Publications

2012

Speziale Ettore and Michele Tartara. A Lightweight Approach to Compiling and Scheduling Highly Dynamic Parallel Programs. In HotPar’12 (Poster), 2012

This paper describes a dynamic and lightweight compiler able to guide the execution of highly dynamic parallel programs at runtime without the need for a full-fledged Just-In-Time compiler. The proposed approach allows us to apply profitable optimizations that could not be used at compile-time due to lack of sufficient information. It also enables us to optimize code fragments multiple times, depending on the specific conditions of the execution environment at runtime, while limiting the performance overhead to a negligible amount.

2011

Paolo Roberto Grassi, Mariagiovanna Sami, Ettore Speziale, and Michele Tartara. Analyzing the Sensitivity to Faults of Synchronization Primitives. In DFT, 2011

Modern multi-core processors provide primitives to allow parallel programs to atomically perform selected operations. Unfortunately, the increasing number of gates in such processors leads to a higher probability of faults happening during the computation. In this paper, we perform a comparison between the robustness of such primitives with respect to faults, operating at a functional level. We focus on locks, the most widespread mechanism, and on transactional memories, one of the most promising alternatives. The results come from an extensive experimental campaign based upon simulation of the considered systems. We show that locks prove to be a more robust synchronization primitive, because their vulnerable section is smaller. On the other hand, transactional memory is more likely to yield an observable wrong behaviour in the case of a fault, and this could be used to detect and correct the error. We also show that implementing locks on top of transactional memory increases its robustness, but without getting on par with that offered by locks.

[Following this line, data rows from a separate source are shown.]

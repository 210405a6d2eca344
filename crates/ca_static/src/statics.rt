//! Whether a cell is static.

ghost use Rattle.std.specs.Prelude.{◌≡◌, ◌≢◌, ◌/◌, ◌%◌, ◌^◌, ◌<◌, ◌≤◌, ◌↔◌, length, IsTrue};
ghost use Rattle.std.specs.List.{All};
ghost use Rattle.ca_net.specs.declared.trit.Trit.TheVariants.{X};
ghost use Rattle.ca_net.specs.declared.wave.Wave.{Wave};
ghost use Rattle.ca_net.specs.Wave.{IsWave};
ghost use Rattle.ca_cell.specs.Raw.{circuit_of};
ghost use Rattle.ca_cell.specs.Row.{digit_value};
ghost use Rattle.ca_settle.specs.Settled.{IsRoomFor};
ghost use Rattle.ca_flips.specs.Static.{IsStatic};
ghost use Rattle.ca_static.specs.code.StaticAt.{IsStaticAt, waves_to};

use ca_cell::{Cell, MOST_INPUTS};
use ca_net::{Trit, Wave};
use ca_response::{PinWaves, respond};
use ca_settle::Work;

/// Whether the cell is static: for each definite vector, waves of the input pins of which the lasts alone are
/// known, and are the vector, give a definite last at each output pin. It takes no memory.
pub fn is_static(cell: &Cell, work: &mut Work) -> bool
    requires room { IsRoomFor (circuit_of cell.now) work.old }
    ensures exact { IsTrue result ↔ IsStatic cell.now }
    ensures room { IsRoomFor (circuit_of cell.now) work.new }
{
    let vectors = 2usize.pow(cell.inputs() as u32);
    for number in 0..vectors {
        if !is_static_at(cell, number, work) {
            return false;
        }
    }
    true
}

// Whether the vector of a number alone says what the cell ends with at each output pin.
fn is_static_at(cell: &Cell, number: usize, work: &mut Work) -> bool
    requires room { IsRoomFor (circuit_of cell.now) work.old }
    ensures exact { IsTrue result ↔ IsStaticAt cell.now number }
    ensures room { IsRoomFor (circuit_of cell.now) work.new }
{
    let pins = waves_to(cell.inputs(), number);
    let waves = respond(cell, pins.as_slice(), work);
    are_definite(waves.as_slice())
}

// Whether the last value of each wave is definite.
fn are_definite(waves: &[Wave]) -> bool
    ensures { IsTrue result ↔ All (λ (wave : Wave). wave.last ≢ X) waves.now }
{
    waves.iter().all(|wave| wave.last != Trit::X)
}

// Waves of this many input pins, of which the lasts alone are known: they are the vector of a number.
pub(crate) fn waves_to(inputs: usize, number: usize) -> PinWaves
    requires { inputs ≤ MOST_INPUTS }
    ensures same { result.items ≡ waves_to inputs number }
    ensures waves { All IsWave result.items }
    ensures count { length result.items ≡ inputs }
{
    let mut waves = PinWaves::new();
    for before in 0..inputs {
        let after = inputs - 1 - before;
        waves.push(Wave::pair(Trit::X, digit(number, after)));
    }
    waves
}

// The digit of a number after which this many stand.
fn digit(number: usize, after: usize) -> Trit
    requires { after < MOST_INPUTS }
    ensures { result ≡ digit_value (number / 2 ^ after % 2) }
{
    if (number >> after) % 2 == 0 {
        Trit::Zero
    } else {
        Trit::One
    }
}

Article: analyzing-the-sensitivity-to-faults-of-art.pdf

Andrea di Biagio, Ettore Speziale, and Giovanni Agosta. Exploiting Thread-data Affinity in OpenMP with Data Access Pattern. In Euro-Par, 2011

In modern NUMA architectures, preserving data access locality is a key issue to guarantee performance. We define, for the OpenMP programming model, a type of architecture-agnostic programmer hint to describe the behaviour of parallel loops. These hints are only related to features of the program, in particular to the data accessed by each loop iteration. The runtime will then combine this information with architectural information gathered during its initialization, to guide task scheduling, in case of dynamic loop iteration scheduling. We prove the effectiveness of the proposed technique on the NAS parallel benchmark suite, achieving an average speedup of 1.21x.

Article: exploiting-thread-data-affinity-in-openmp-with-art.pdf
Lecture: exploiting-thread-data-affinity-in-openmp-with-lec.pdf

Ettore Speziale, Andrea di Biagio, and Giovanni Agosta. An Optimized Reduction Design to Minimize Atomic Operations in Shared Memory Multiprocessors. In HIPS, 2011

Reduction operations play a key role in modern massively data parallel computation. However, current implementations in shared memory programming APIs such as OpenMP are often computation bottlenecks due to the high number of atomic operations involved. We propose a reduction design that exploits the coupling with a barrier synchronization to optimize the execution of the reduction. Experimental results show how the number of atomic operations involved is dramatically reduced, which can lead to significant improvement in scaling properties on large numbers of processing elements. We report a speedup of 1.53x on the 312.swim_m SPEC OMP2001 benchmark and a speedup of 4.02x on the streamcluster benchmark from the PARSEC suite over the baseline.

Article: an-optimized-reduction-design-to-minimize-art.pdf
Lecture: an-optimized-reduction-design-to-minimize-lec.pdf

Note: due to an error in the experimental setup, performance numbers of streamcluster are not correct. Unfortunately I spot the error few months after the paper was published. Further measurements show that the optimization of streamcluster achieve a more modest speedup.